Но обратите внимание: без двойных идей - достоинства и свободы для обычной жизни и экстраординарных инноваций - никаких инноваций не будет, никто не возвращается в мир бедных, мерзких, жестоких и коротких (хотя отнюдь не одиноких) жизней - в мальтузианский мир бомбардировщика, в котором экономия на трудозатратах преобладает над экономией на масштабе. Короче говоря, изменение социальных представлений объясняет промышленную революцию. Материально-экономические факторы, такие как торговля, инвестиции, эксплуатация, рост населения, неизбежный рост классов, защита частной собственности, - нет. Это неизменные предпосылки, или они уже произошли задолго до этого, или они не произошли в то время, когда должны были произойти, или они были слабыми, или они не имели значения, или они были последствиями изменения риторики, или они требовали достоинства и свободы простых людей, чтобы оказать должный эффект.
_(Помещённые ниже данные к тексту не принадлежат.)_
// The table of the fields: the bytes of each, counted from where its head, its season or its row starts.
use std::ops::Range;

// The head: the letters, the version, the numbers of seasons and of rows, and the byte behind a number of rows that has one.
pub const LETTER_E: Range<u16> = 0..1;

pub const LETTER_V: Range<u16> = 1..2;

pub const LETTER_P: Range<u16> = 2..3;

pub const VERSION: Range<u16> = 3..5;

pub const SEASONS: Range<u16> = 5..6;

pub const ROWS: Range<u16> = 6..7;

pub const MANY_ROWS: Range<u16> = 6..8;

pub const HEAD_ZERO: Range<u16> = 7..8;

// No byte: the length of the sheet itself.
pub const WHOLE: Range<u16> = 0..0;

// The counts of the parking: two lists, or a grid.
pub const DURATIONS: Range<u16> = 8..56;

pub const HOURS: Range<u16> = 56..104;

pub const GRID: Range<u16> = 8..1160;

// A season.
pub const DAYS: Range<u16> = 0..2;

pub const LOWEST: Range<u16> = 2..4;

pub const HIGHEST: Range<u16> = 4..6;

pub const VAPOUR_PRESSURE: Range<u16> = 6..8;

// A row.
pub const CLASS: Range<u16> = 0..1;

pub const TECHNOLOGY: Range<u16> = 1..2;

pub const CANISTER_CODE: Range<u16> = 2..3;

pub const CARBURETTOR: Range<u16> = 3..4;

pub const HOT: Range<u16> = 4..5;

pub const FILL: Range<u16> = 5..6;

pub const TANK: Range<u16> = 6..8;

pub const VEHICLES: Range<u16> = 8..12;

pub const TRIPS: Range<u16> = 12..14;

pub const MINUTES: Range<u16> = 14..16;

pub const LOAD: Range<u16> = 16..18;

pub const SATURATION: Range<u16> = 18..20;

pub const MILEAGE: Range<u16> = 20..24;
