// What is found wrong on a sheet. The table of findings is in specs/, its laws in proofs/; the code that
// makes them is in season_findings, row_findings and explanation.
#![tactic(auto)]

use crate::reasons::Reason;

pub mod reasons;
pub mod spans;

// The first thing that is wrong, or all zeros. `evp_explain` returns it to C by value, so it is ten numbers; in Rattle a finding is the
// error of a `Result` until then.
#[repr(C)]
#[derive(Clone, Copy, Default, PartialEq, Eq, Debug)]
pub struct Finding {
    // The number and the place that the sheet's check returns, and which of the reasons of this number it is, from 1.
    pub number: u64,
    pub place: u64,
    pub reason: u64,
    // Which season or row, from 0; and the first season in which the row's m_sat is too high, from 0.
    pub index: u64,
    pub season: u64,
    // The first byte to look at, and how many belong to it; 0 bytes stand for the length of the sheet.
    pub at: u64,
    pub bytes: u64,
    // The number that stands there, or the sum; and the limits, both included, that it is outside of.
    pub value: u64,
    pub least: u64,
    pub most: u64,
}

// The record that a line of the table is about: its place, its index and a season of the row.
#[derive(Clone, Copy, PartialEq, Eq, Debug)]
pub struct Site {
    pub place: u64,
    pub index: u64,
    pub season: u64,
}

// A field: its first byte, its bytes and the number that stands there.
#[derive(Clone, Copy, PartialEq, Eq, Debug)]
pub struct Field {
    pub at: u64,
    pub bytes: u64,
    pub value: u64,
}

// The least and the most of it.
#[derive(Clone, Copy, PartialEq, Eq, Debug)]
pub struct Limits {
    pub least: u64,
    pub most: u64,
}

// A line of the table whose field is outside its limits.
#[derive(Clone, Copy, PartialEq, Eq, Debug)]
pub struct Found {
    pub site: Site,
    pub reason: Reason,
    pub field: Field,
    pub limits: Limits,
}

// Lines of the table find nothing wrong, or say what the first of them has found.
pub type Judged = Result<(), Found>;

impl From<Found> for Finding {
    ghost use Rattle.std.specs.Prelude.{◌≡◌};
    ghost use Rattle.findings.specs.Lines.{entry};

    ghost from_gives = { λ found finding. finding ≡ entry found };

    fn from(found: Found) -> Finding {
        Finding {
            number: found.reason.rule().number(),
            place: found.site.place,
            reason: found.reason.nth(),
            index: found.site.index,
            season: found.site.season,
            at: found.field.at,
            bytes: found.field.bytes,
            value: found.field.value,
            least: found.limits.least,
            most: found.limits.most,
        }
    }
}

impl Limits {
    ghost use Rattle.std.specs.Prelude.{◌≡◌};
    ghost use Rattle.findings.specs.Lines.{limits};

    pub fn between(least: u64, most: u64) -> Limits
        ensures { result ≡ limits least most }
    {
        Limits { least, most }
    }

    // Any number that is at most this one.
    pub fn up_to(most: u64) -> Limits
        ensures { result ≡ limits 0 most }
    {
        Limits { least: 0, most }
    }

    // This number alone.
    pub fn only(value: u64) -> Limits
        ensures { result ≡ limits value value }
    {
        Limits {
            least: value,
            most: value,
        }
    }
}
И, похоже, что такие материальные события не были, в свою очередь, главными причинами самого этико-риторического изменения. Напротив, в силу во многом неэко-номических причин около 1700 г. поднялся престиж буржуазного благоразумия в манере общения жителей северо-запада Европы, в рамках экономического разговора, в котором все еще соблюдался баланс добродетелей. Экономическое благоразумие постепенно стало считаться добродетелью, хотя и всего лишь одной из добродетелей хорошего горожанина.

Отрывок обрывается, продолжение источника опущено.